Just think of it! Immediately after delivery, your body launches the process of returning to its pre-pregnancy state.
During the first 6 – 8 postpartum weeks, your uterus slowly begins to shrink, just as your abdominal muscles and pelvic bones, which begin to return to their original position. Your body begins to spend stored fat to create nutrient-rich milk for your baby, and hormones begin to rebalance.
As your body has been stretched and stressed to the max, it needs time to regroup. This process is complicated and… indeed, amazing. Women have phenomenal abilities to bring themselves back to the pre-pregnancy state.
Sure enough, each will recover at a different rate, but the majority of postpartum symptoms – painful contractions, constipation, frequent or painful urination – ease up in about a week. Others – discharge and bleeding, backaches, sore nipples, etc. – may last for weeks.
It’s not so realistic to think everything would be “normal” or you’d be back in your pre-baby clothing in a week. But our female bodies are pre-arranged to heal, restore and come back to balance. It does take time. Happily, as your body does this incredible work, you can aid in the healing. The following 3 suggestions will help you recover as safely and quickly as possible.
Drink Lots of Water
Delivery often means you weren’t able to eat or drink for a long period of time, so afterward, you feel dehydrated. Lots of water has been removed from your body through the amniotic fluid and possible blood loss. At the same time, your hormone levels even out.
All of these will make you feel thirsty. Drink as much water as you need to replenish your fluids. Keep a glass of water on hand at all times. If you’re a nursing mom, you’ll need still more water, as your body is in the process of producing milk.
Simultaneously, your body will also be getting rid of the extra volume of blood. You needed a higher blood volume during pregnancy, now your body still has more water than it needs. As you recover, it will engage in getting rid of the extra water by sweating it out. It’s quite usual to wake up and find you’re wet thoroughly with sweat. Don’t worry, this is normal, more often than not. Your body is just pouring out the extra water it no longer needs.
Soak Your Bottom
The first days after delivery, at some point applying ice ceases to be the best method to reduce swelling down there. To soothe discomfort and pain naturally, doctors recommend making a sitz bath your postpartum care routine.

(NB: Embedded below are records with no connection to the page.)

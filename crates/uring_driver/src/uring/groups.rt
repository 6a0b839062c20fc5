//! The calls of a driver on its cancel groups.
ghost use Rattle.std.specs.Prelude.{◌≡◌, ◌≤◌, ◌<◌, [], length, IsTrue, IfOk, IfErr, OnOk, OnErr};
ghost use Rattle.std.specs.List.Sorted.{IsStrictlyIncreasing};
ghost use Rattle.cancel_core.specs.Group.{group_at};
ghost use Rattle.machine.specs.Ledger.{Ledger, is_marked};
ghost use Rattle.driver_core.specs.Answers.{CancellerFor, HandleFor, CancelsFor};
ghost use Rattle.driver_core.specs.Groups as groups;
ghost use Rattle.driver_core.specs.Members.{with_fresh, cancels, HaveKeys};
ghost use Rattle.uring_driver.specs.Groups.{cancels_of};
ghost use Rattle.uring_driver.specs.Op.{KeepsTokens, KeepsRequests};
ghost use Rattle.uring_driver.specs.Reaps.{PendingJoins};
ghost use Rattle.uring_driver.specs.Stands.{Stands};
ghost use Rattle.uring_driver.specs.Submissions.{PostsEach};
ghost use Rattle.uring_driver.specs.Submitted.{SameSlots, IsSameRing};
ghost use Rattle.uring_driver.specs.Uring.{due_in, pending, members_in, group_count};

use crate::submissions::Submissions;
use crate::uring::{IoUringDriver, owed};
use driver_core::{CancelHandle, Canceller, Members};
use rent_buf::{IoBufMut, NumList, OutOfMemory};
use ring_core::{Entry, Ring};

impl<R: Ring, B: IoBufMut + Drop> IoUringDriver<R, B> {
    /// How many cancel groups were made: each has a number below it. (not in monoio)
    pub fn groups(&self) -> u64
        ensures { result ≡ group_count self.now }
    {
        self.members.count()
    }

    /// Makes a group with no members, that isn't canceled, and answers its canceller. If memory runs out, nothing changed. (monoio:
    /// `Canceller::new`)
    pub fn new_canceller(&mut self) -> Result<Canceller, OutOfMemory>
        ensures answers { IfOk result (λ c. (L : Ledger) → Stands R.view B.buffer self.old L →
            CancellerFor (Stands R.view B.buffer) L c self.new) }
        ensures number { IfOk result (λ c. c ≡ group_count self.old) }
        ensures made { OnOk result (self.new ≡ record self.old { members = with_fresh (members_in self.old) }) }
        ensures tokens { KeepsTokens self.old self.new }
        ensures requests { KeepsRequests self.old self.new }
        ensures err { OnErr result (self.new ≡ self.old) }
    {
        self.members.new_canceller()
    }

    /// A cancel handle of a canceller's group. (monoio: `Canceller::handle`)
    pub fn cancel_handle(&self, c: &Canceller) -> CancelHandle
        requires { c.now < group_count self.now }
        ensures group { result ≡ c.now }
        // The driver stays as it is, and stands for the ledger with that cancel handle too.
        ensures answers { (L : Ledger) → Stands R.view B.buffer self.now L → HandleFor (Stands R.view B.buffer) L c.now self.now }
    {
        self.members.handle(c)
    }

    /// Whether a group is canceled. No call takes that back. (monoio: `CancelHandle::canceled`)
    pub fn canceled(&self, g: CancelHandle) -> bool
        requires { g < group_count self.now }
        ensures mark { result ≡ groups.is_canceled (members_in self.now) g }
        ensures answers { (L : Ledger) → Stands R.view B.buffer self.now L → result ≡ is_marked L g }
    {
        self.members.canceled(g)
    }

    /// Cancels a canceller's group for good: the cancel of each member joins what is pending, ascending by their numbers, which are the
    /// answer. The members are the operations that were submitted under the group and are neither returned nor dropped. The canceller that
    /// comes back is of a fresh group. All memory is taken first: if it runs out, nothing has changed but reserved memory, and the same
    /// canceller comes back. (monoio: `Canceller::cancel`)
    pub fn cancel(&mut self, c: Canceller) -> Result<(Canceller, NumList), (OutOfMemory, Canceller)>
        requires { c < group_count self.old }
        ensures answers { IfOk result (λ canceling. IsTrue R.steady → (L : Ledger) → Stands R.view B.buffer self.old L →
            CancelsFor (Stands R.view B.buffer) L c canceling.1 canceling.0 self.new) }
        // Over every ring: the group's members are named, their cancels join what is pending, and nothing passes what is pending.
        ensures members { IfOk result (λ canceling. canceling.1 ≡ (group_at (members_in self.old).groups c).members) }
        ensures ascending { IfOk result (λ canceling. IsStrictlyIncreasing canceling.1) }
        ensures moves { IfOk result (λ canceling. IsTrue R.tells →
            PendingJoins (pending R.view self.old) (cancels_of (members_in self.old) canceling.1) (pending R.view self.new)) }
        ensures none_due { IsTrue R.steady → due_in self.old ≡ [] → due_in self.new ≡ [] }
        ensures number { IfOk result (λ canceling. canceling.0 ≡ group_count self.old) }
        ensures marked { OnOk result (self.new ≡
            record self.old { ring = self.new.ring; members = cancels (members_in self.old) c }) }
        ensures tokens { KeepsTokens self.old self.new }
        ensures requests { KeepsRequests self.old self.new }

        ensures back { IfErr result (λ refused. refused.1 ≡ c) }
        ensures err { OnErr result (SameSlots self.old self.new × IsSameRing R.view self.old self.new) }
        ensures stands { OnErr result ((L : Ledger) → Stands R.view B.buffer self.old L → Stands R.view B.buffer self.new L) }
    {
        let Some(room) = owed(&self.ops, self.handles.places(), self.members.size(&c)) else {
            return Err((OutOfMemory, c));
        };
        if self.ring.make_spare(room).is_err() {
            return Err((OutOfMemory, c));
        }
        let (fresh, numbers) = match self.members.cancel(c) {
            Ok(canceling) => canceling,
            Err(refused) => return Err(refused),
        };
        post_cancels(&mut self.ring, &self.members, numbers.as_slice());
        Ok((fresh, numbers))
    }
}

// The cancels of operations that are under groups join what is pending, in order. It takes no memory.
fn post_cancels<R: Ring>(ring: &mut Submissions<R>, members: &Members, numbers: &[u64])
    requires keys { HaveKeys members.now numbers.now }
    requires room { length numbers.now ≤ ring.old.room }
    ensures posts { PostsEach R.view R.tells R.steady ring.old ring.new (cancels_of members.now numbers.now) }
    ensures none_due { IsTrue R.steady → ring.old.due ≡ [] → ring.new.due ≡ [] }
{
    for i in 0..numbers.len() {
        let number = numbers[i];
        match members.key_of(number) {
            Some(key) => ring.post(Entry::cancel(key, number)),
            None => unreachable!(),
        }
    }
}
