//! The end of a driver: its ring comes back once nothing is left to do.
ghost use Rattle.std.specs.Prelude.{◌≡◌, ◌↔◌, IsTrue, IsOk, IfOk, IfErr};
ghost use Rattle.uring_driver.specs.Uring.{ring_in};
ghost use Rattle.uring_driver.specs.Finish.{HasNothingLeft};

use crate::uring::IoUringDriver;
use rent_buf::IoBufMut;
use ring_core::Ring;

impl<R: Ring, B: IoBufMut + Drop> IoUringDriver<R, B> {
    /// Ends the driver, and returns its ring. The driver comes back, as it was, exactly if something is left to do: an operation has a
    /// slot, a handle is closing, or an entry is queued or due. Handles that the user holds need no release. It takes no memory.
    /// (not in monoio)
    pub fn finish(self) -> Result<R, Self>
        ensures exact { IsOk result ↔ HasNothingLeft R.view self }
        ensures ok { IfOk result (λ ring. ring ≡ ring_in self) }
        ensures err { IfErr result (λ driver. driver ≡ self) }
    {
        if !self.has_nothing_left() {
            return Err(self);
        }
        let IoUringDriver {
            ring,
            ops: _ops,
            handles: _handles,
            members: _members,
            spare: _spare,
            alloc: _alloc,
        } = self;
        Ok(ring.into_ring())
    }

    // Nothing is left to do.
    fn has_nothing_left(&self) -> bool
        ensures { IsTrue result ↔ HasNothingLeft R.view self.now }
    {
        if self.ops.len() > 0 {
            return false;
        }
        if !self.handles.none_closing() {
            return false;
        }
        self.ring.none_pending()
    }
}
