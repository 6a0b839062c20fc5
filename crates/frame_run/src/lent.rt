//! A source that is lent to a reader and comes back.
ghost use Rattle.std.specs.Prelude.{◌≡◌, ◌≤◌, ◌<◌, ℕ, List, [], IsTrue, true, false, length, IfOk, OnOk, OnErr};
ghost use Rattle.rent_io.specs.Counts.{Rose};
ghost use Rattle.rent_io.specs.Source.{Gives};
ghost use Rattle.frame_run.specs.Places.{SourceAt, StopsFor, left_of};

use crate::unframing::Unframed;
use rent_io::{ByteSource, Failed};
use std::marker::{Brand, PhantomData};

/// How a source and a sink were before the call, as constants of a type, since values that are borrowed for the call speak of
/// them: the name of the source's borrow, what was left and what was taken, the counts of faults, and how many bytes may be
/// read at most.
pub trait Places {
    ghost source: { ℕ };

    ghost most: { ℕ };

    ghost left: { List ℕ };

    ghost taken: { List ℕ };

    ghost read_faults: { ℕ };

    ghost write_faults: { ℕ };
}

impl Places for Brand {
    ghost source = { 0 };

    ghost most = { 0 };

    ghost left = { [] };

    ghost taken = { [] };

    ghost read_faults = { 0 };

    ghost write_faults = { 0 };
}

/// A source, and how its reading ended.
pub(crate) struct Ended<'a, S> {
    pub(crate) source: &'a mut S,
    pub(crate) ending: Unframed,
}

/// A source that gives so many bytes at most. Where there is one more it fails instead of giving it.
pub(crate) struct LentSource<'a, S: ByteSource, P: Places> {
    source: &'a mut S,
    // How many bytes it may still give.
    room: usize,
    // There are more than those, and this is the next one.
    over: bool,
    next: u8,
    failures: u64,
    of: PhantomData<P>,
    ghost home: { SourceAt S.tells P.most P.left P.read_faults P.source (S.left source.now) (S.faults source.now) source.ghost_name
        room over failures },
}

/// Lends a source. It gives `most` bytes at most.
pub(crate) fn lend<'a, S: ByteSource, P: Places>(
    most: usize,
    ended: Ended<'a, S>,
) -> LentSource<'a, S, P>
    requires most { P.most ≡ most }
    requires source { ended.source.ghost_name ≡ P.source }
    requires left { S.left ended.source.now ≡ P.left }
    requires read_faults { S.faults ended.source.now ≡ P.read_faults }
    ensures source { result.source.now ≡ ended.entry.source.now }
    ensures over { result.over ≡ false }
{
    let Ended { source, ending: _ } = ended;
    LentSource {
        source,
        room: most,
        over: false,
        next: 0,
        failures: 0,
        of: PhantomData,
    }
}

/// Gives the source back.
pub(crate) fn give_back<'a, S: ByteSource, P: Places>(
    ending: Unframed,
    source: LentSource<'a, S, P>,
) -> Ended<'a, S>
    ensures ending { result.ending ≡ ending }
    ensures source { result.source.now ≡ source.entry.source.now }
    ensures same_source { result.source.ghost_name ≡ P.source }
{
    let LentSource {
        source,
        room: _,
        over: _,
        next: _,
        failures: _,
        of: _,
    } = source;
    Ended { source, ending }
}

impl<'a, S: ByteSource, P: Places> LentSource<'a, S, P> {
    /// Why no more is read of it: it has too many bytes, or it failed, or else memory ran out.
    pub(crate) fn why_stopped(&self) -> Unframed
        ensures { StopsFor self.now.over self.now.failures result }
    {
        if self.over {
            return Unframed::TooLong;
        }
        if self.failures > 0 {
            return Unframed::ReadFault;
        }
        Unframed::OutOfMemory
    }

    // Looks whether there is a byte behind those that it may give, and gives none.
    fn probe(&mut self) -> Result<usize, Failed>
        requires full { self.old.room ≡ 0 }
        requires open { self.old.over ≡ false }
        ensures none { IfOk result (λ n. n ≡ 0) }
        ensures left { IsTrue S.tells → left_of self.new.over self.new.next (S.left self.new.source.now) ≡ S.left self.old.source.now }
        ensures end { OnOk result (IsTrue S.tells → S.left self.old.source.now ≡ []) }
        ensures calm { OnOk result (self.new.failures ≡ self.old.failures) }
        ensures rose { OnErr result (Rose self.old.failures self.new.failures) }
        ensures later { self.old.failures ≤ self.new.failures }
    {
        let mut more = [0];
        match self.source.read(&mut more) {
            Ok(0) => Ok(0),
            Ok(_) => {
                self.failures = self.failures.saturating_add(1);
                self.over = true;
                self.next = more[0];
                Err(Failed)
            }
            Err(failed) => {
                self.failures = self.failures.saturating_add(1);
                Err(failed)
            }
        }
    }
}

impl<'a, S: ByteSource, P: Places> ByteSource for LentSource<'a, S, P> {
    ghost tells = { S.tells };

    ghost left = { λ s. left_of s.over s.next (S.left s.source.now) };

    ghost faults = { λ s. s.failures };

    fn read(&mut self, room: &mut [u8]) -> Result<usize, Failed> {
        if room.is_empty() {
            return Ok(0);
        }
        if self.over {
            self.failures = self.failures.saturating_add(1);
            return Err(Failed);
        }
        if self.room == 0 {
            return self.probe();
        }
        let most = room.len().min(self.room);
        match read_first(self.source, room, most) {
            Ok(count) => {
                self.room -= count;
                Ok(count)
            }
            Err(failed) => {
                self.failures = self.failures.saturating_add(1);
                Err(failed)
            }
        }
    }
}

// Reads into the first bytes of the room, so many.
fn read_first<S: ByteSource>(source: &mut S, room: &mut [u8], most: usize) -> Result<usize, Failed>
    requires { most ≤ length room.old }
    ensures size { length room.new ≡ length room.old }
    ensures some { IfOk result (λ n. (n ≤ most) × (IsTrue S.tells → Gives (S.left source.old) (S.left source.new) room.new most n)) }
    ensures calm { OnOk result (IsTrue S.tells → S.faults source.new ≡ S.faults source.old) }
    ensures none { OnErr result (IsTrue S.tells → S.left source.new ≡ S.left source.old) }
    ensures rose { OnErr result (Rose (S.faults source.old) (S.faults source.new)) }
    ensures later { S.faults source.old ≤ S.faults source.new }
{
    source.read(&mut room[..most])
}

Basically, a sitz bath is a small body of water you sit in to clean your private parts. Just fill the tub with a few inches of tepid water – deep enough to cover your tender areas. Hang out there for about 20 minutes, 3 to 4 times a day. Warm water cleans the area, reducing the risk of infection, and helps increase blood flow to the affected area, which speeds healing. Soaking your body in warm water can be a great pain reliever and help you relax.
Stock Up On Comfy Underthings
At childbirth classes, you’ve probably heard about lochia – the postpartum vaginal discharge from. But you probably weren’t expecting it’d be, well, bloody. But it’s just harmless leftover blood, mucus, and tissue from your uterus, whose the flow can be at least as heavy as your period.
On the first postpartum days, specialists recommend changing your pad every two hours. Later, lochia amounts should decrease. You may notice it boosts after too much activity: this is your body telling you to slow down.
You’ve probably enjoyed the months with no period, but now you’ll need a supply of sanitary pads. You’d better use pads of different absorbencies, as bleeding levels will change with time. (Check out Genial Day options for certified organic liners here). If bleeding increases, includes large lumps or seems too heavy, contact your doctor at once. And remember, your adjustment period after giving birth needs the same gentle attention and as when you were pregnant.